Paging Peter Parker: Scientists have taken another step closer to producing viable artificial spider silk by zooming-in on the nanoscopic structure of the natural, spider-made stuff, using the brightest X-ray beams in the Western Hemisphere.
And as it turns out, despite the intricate and deliberate patterns woven by common orb spiders, the strongest part of their silk — the threads called dragline silk, which are used to create the scaffolding of the entire web — are mostly made up of extremely random and disordered atoms on the nanoscale, according to the results of a new study by scientists in Arizona and Illinois.
In fact, between 85 and 90 percent of orb spiders’ dragline silk fibers are “amorphous regions,” comprised of random, disorganized atoms, which researchers believe are responsible for providing the silk with its extreme elasticity.
The remaining 15 to 10 percent of the silk is a highly-orderly crystalline lattice structure of atoms which gives the silk its amazing strength — as strong as steel.
See the difference between the orderly regions (multicolored) and random amorphous (blue) in the following image of X-ray data provided by Argonne National Laboratory in Illinois, where the study took place.

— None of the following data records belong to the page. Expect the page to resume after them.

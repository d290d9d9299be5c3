//! The small types, and the traits of the outside, on which every crate of the gateway stands.
//!
//! * [`Text`], [`Bytes`] and [`Seq`] wrap `String`, `Vec<u8>` and `Vec<T>`; [`Shared`] wraps `Arc<T>`. A contract
//!   sees each as what it holds, so that two of them are equal where their contents are. [`Name`] holds up to 64 bytes
//!   of ASCII in place.
//! * [`Source`] and [`Sink`] are where bytes come from and go to. Each counts its faults, and a call fails only where
//!   that count rose. [`Clock`] and [`Words`] give moments and random words, and never fail.
//! * [`MemSource`], [`MemSink`], [`FixedClock`] and [`SplitMix`] are these in memory. The calls of a `MemSource` and of
//!   a `MemSink` that are named by number fail, and no others.
//! * [`read_all`] and [`write_all`] move whole inputs and outputs.
//! * [`is_name`], [`is_token`], [`same_name`] and [`lower`] are the tests and the forms of names that several crates share.
//!
//! ```text
//! let mut input = MemSource::new(bytes, 2, fails);         // two bytes a read
//! let mut output = MemSink::new(alloc, no_fails);
//! let all = read_all(alloc, &mut input, 4096)?;            // Err(TooLong) where more than 4,096 bytes stand
//! write_all(&mut output, &all)?;
//! ```
//!
//! | `read_all` with limit 3 over | answers |
//! |---|---|
//! | no bytes | `Ok`, empty |
//! | `abc` | `Ok`, these three bytes |
//! | `abcd` | `Err(TooLong)` |
//! | `abcd`, where the first read fails | `Err(Fault)` |
#![tactic(auto)]

mod lists;
mod memory;
mod name;
mod naming;
mod outside;
mod readings;
mod texts;
mod whole;

pub use lists::{Seq, Shared};
pub use memory::{MemSink, MemSource};
pub use name::Name;
pub use naming::{is_name, is_token, lower, same_name};
pub use outside::{Failed, Memory, Sink, Source, WriteStop};
pub use readings::{Clock, FixedClock, SplitMix, Words};
pub use texts::{Bytes, Text};
pub use whole::{ReadAll, read_all, write_all};
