//! What holds of policies and replies: each function's contract is a law, and its body is empty.
ghost use Rattle.policy_core.specs.Laws.{TestsWhatIsCovered, DecidesByTheFirst, FaultsAreOfTheForm};

/// The test of a pattern finds just the texts that it covers.
pub fn a_pattern_is_tested_as_it_covers()
    ensures { TestsWhatIsCovered }
{}

/// A policy decides just what its first covering statements say: the first Deny, else the first Allow.
pub fn the_first_covering_statement_decides()
    ensures { DecidesByTheFirst }
{}

/// A reply has no fault just where each of its values has its form.
pub fn a_reply_without_a_fault_has_its_form()
    ensures { FaultsAreOfTheForm }
{}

“These techniques we develop are getting us closer and closer to know the exact molecular structures within natural spider silk,” said Jeff Yarger, a biochemistry professor at Arizona State University and one of the lead researchers of the study, in an email to TPM.
“This knowledge is required in order to develop synthetic spider silk,” Yarger added.
Scientists have already managed to bioengineer spider silk out of silk worms and goats’ milk, but as Yarger pointed out, they aren’t quite as good as the spider-made silk.
“The problem is that these synthetic silks do not form the correct secondary and tertiary structures that natural spider silk fibers form,” Yarger told TPM.
The thought is that by getting a better view at what makes up real spider silk, scientists will be able to better replicate it on their own.
“Previously scientists had concentrated on the more ordered crystalline regions even though they form a minority of the fiber,” said Chris Benmore, an X-ray scientist on the project, in an email to TPM.
Benmore works specifically at the Advanced Photon Source (APS), the high-powered x-ray facility used to get the new close-up of the spider silk. The APS is a synchrotron facility — a giant particle accelerator measuring over a half-mile around, located at the Argonne National Laboratory in Argonne, Illinois, near Chicago and funded by the Department of Energy.
Scientists from around the country and the globe are allowed to use the x-rays for their own research projects. As Argonne explains, the APS is “open to everyone who has a need for extremely brilliant x-ray photon beams.”
In this case, the APS high-energy X-rays allowed Yarger and his colleagues to achieve an unprecedented level of detail when it came to imaging the amorphous regions of spider silk, zooming in to 10 million times magnification.
“We have recently developed a very powerful high energy x-ray probe at the APS which does not destroy the sample (which is a problem with lower energy x-rays) and provides a detailed insight into both the amorphous and crystalline regions of the spider silk,” Benmore explained.
The results of the X-ray study were published in a paper in the journal Physical Review Letters in late April.